The situation changes when it occurs with someone who was a higher level of activity. This activity could be in the form of increased exercise or participation in sports and games. Protein intake should then be something in the range of 0.6 – 1.0 grams of protein per pound of body weight. In this case, a person weighing 180lbs would look to eat between 108 – 180 grams of protein per day. People really into weight training (and other athletes) are typically the ones who stay closer to the higher end of that equation. The only other thing you need to know about protein is that 1 gram contains 4 calories.
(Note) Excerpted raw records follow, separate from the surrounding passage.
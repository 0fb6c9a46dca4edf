// A stream of the runtime, as standard output.
ghost use Rattle.std.specs.Prelude.{◌≡◌};
ghost use Rattle.ef_io.specs.Files.{open_view};

use crate::calls::one_more;
use crate::{Failed, Sink};
use std::io::Write;

/// A stream of the runtime, which tells nothing of what it took. It is open from the start.
#[derive(Drop)]
pub struct OutSink<W> {
    to: W,
    faults: u64,
}

impl<W: Write + Drop> OutSink<W> {
    /// A sink over this stream, which is not buffered here.
    pub fn new(to: W) -> Self
        ensures { ⟦<OutSink<W> as Sink>⟧.seen result ≡ open_view 0 }
    {
        OutSink { to, faults: 0 }
    }
}

impl<W: Write + Drop> Sink for OutSink<W> {
    ghost seen = { λ it. open_view it.faults };

    fn write(&mut self, piece: &[u8]) -> Result<usize, Failed> {
        match self.to.write(piece) {
            Ok(n) if n > 0 || piece.is_empty() => Ok(n),
            _ => {
                self.faults = one_more(self.faults);
                Err(Failed)
            }
        }
    }
}
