// Sources in memory.
ghost use Rattle.std.specs.Prelude.{◌≡◌, None, Some, IfOk};
ghost use Rattle.std.specs.Option.{option_copied};
ghost use Rattle.ef_io.specs.Sources.{Reads, KeepsRead, HasReadCause};
ghost use Rattle.ef_io.specs.MemorySources.{sources_view, files_of, FailsAsListed};

use crate::calls::{Calls, one_more};
use crate::{ReadRefusal, Sources};
use ef_base::{Bytes, NoMemory};
use std::alloc::Global;

/// A file in memory.
#[derive(Drop)]
pub struct MemoryFile {
    pub path: Bytes,
    pub content: Bytes,
}

/// Sources in memory. Where a path stands twice, the first file counts; the calls of the numbers given, counted from
/// 1, fail.
#[derive(Drop)]
pub struct MemorySources {
    alloc: Global,
    files: Vec<MemoryFile>,
    calls: Calls,
    faults: u64,
    failed: Option<Bytes>,
}

impl MemorySources {
    /// Sources of these files.
    pub fn new(
        alloc: Global,
        files: Vec<MemoryFile>,
        failing: Vec<u64>,
    ) -> Result<MemorySources, NoMemory>
        ensures shows { IfOk result (λ it. sources_view it ≡ record { files = Some (files_of files.items); faults = 0; failed = None }) }
        ensures calls { IfOk result (λ it. it.calls ≡ record { failing = failing; made = 0 }) }
    {
        Ok(MemorySources {
            alloc,
            files,
            calls: Calls::new(failing),
            faults: 0,
            failed: None,
        })
    }
}

impl Sources for MemorySources {
    ghost seen = { sources_view };

    fn read(&mut self, path: &str, limit: usize, into: &mut Vec<u8>) -> Result<(), ReadRefusal>
        ensures told { (sources_view self.new).files ≡ (sources_view self.old).files }
        ensures content { Reads (sources_view self.old).files path.now limit into.old.items into.new.items result }
        ensures kept { KeepsRead limit into.old.items into.new.items result }
        ensures cause { HasReadCause (sources_view self.old) (sources_view self.new) path.now result }
        ensures listed { FailsAsListed self.old self.new result }
    {
        if self.calls.count() {
            self.failed = Some(Bytes::from_vec(path.as_bytes().to_vec(self.alloc)?));
            self.faults = one_more(self.faults);
            return Err(ReadRefusal::Failed);
        }
        let Some(content) = find(&self.files, path) else {
            return Err(ReadRefusal::Absent);
        };
        let content = content.as_slice();
        if content.len() > limit {
            return Err(ReadRefusal::TooLarge);
        }
        into.extend_from_slice(content)?;
        Ok(())
    }
}

/// The content of the first file of this path.
pub(crate) fn find<'a>(files: &'a [MemoryFile], path: &str) -> Option<&'a Bytes>
    ensures { option_copied result ≡ files_of files.now path.now }
{
    for file in files {
        if file.path.as_slice() == path.as_bytes() {
            return Some(&file.content);
        }
    }
    None
}
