// The answers of a program.

/// What a run came to. The exit statuses of a program are 0 to 5, in this order.
#[derive(Clone, Copy, Debug, PartialEq, Eq)]
pub enum Status {
    Written,
    Faults,
    Words,
    NoMemory,
    ReadFault,
    WriteFault,
}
So, for example, if you were to eat 100 grams of protein per day, that would account for 400 calories. (100 x 4 = 400)
Fats
Not all fats are harmful to the body. Firstly, one must understand that there are two different kinds of fats. When we speak of fats, there are the good fats and the bad fats. Examples of good fats are polyunsaturated and monounsaturated fats. Then the bad fats- these are fats such as saturated fat and trans fats. These bad fats are found in mainly junk foods that you should avoid. Good fat though, can be found in various food sources, such as: Fish, nuts, olive oil, fish oil supplements.
You may be asking the question ‘how much fat should be included into my weight reduction diet?’. The ideal amount should be about 30% of your total calorie intake per day. This means that 30% of your calorie intake should come from good fat sources. Little, or in fact zero percent of fats should be from of the bad variety.
Bear in mind that 1 gram of fat contains 9 calories. That is to say, if you need to eat 80 grams of fat per day, that would work out as 720 calories. (80 x 9 = 720).
Carbohydrates
Now that you have a general understanding of protein and fats, it is important to plan how to incorporate carbs into your weight reduction diet. It really is pretty simple to plan the carbohydrate intake, as it should be what the remainder of the diet is made up of.
One carbohydrate contains 4 calories. So, for example, after counting protein amounts and fat into your total calorie intake (should be 500 below maintenance level, remember?). Let’s say you are 1200 calories below that number. In this example you would need to eat 300 grams of carbs per day (1200 divided by 4 = 300).
Carbohydrates are somewhat similar to fats, as there are similarly good carbohydrates and bad carbohydrates too. Okay, truth be told, they are not really bad carbohydrates. Well, just maybe good carbohydrates and better carbohydrates. Some examples of “better” carbohydrates include: Beans, brown rice, 100% whole wheat bread, whole wheat pasta, sweet potatoes, oatmeal, fruits and vegetables
Less favorable types of carbohydrates are found in typical junk food snacks such as potato chips and crackers. Certain foods such as white bread, pasta and flour contain less favorable carbohydrates as well, but the thing is consuming these foods once in a while won’t pose to big a hindrance in losing weight so long as you are still below your maintenance number.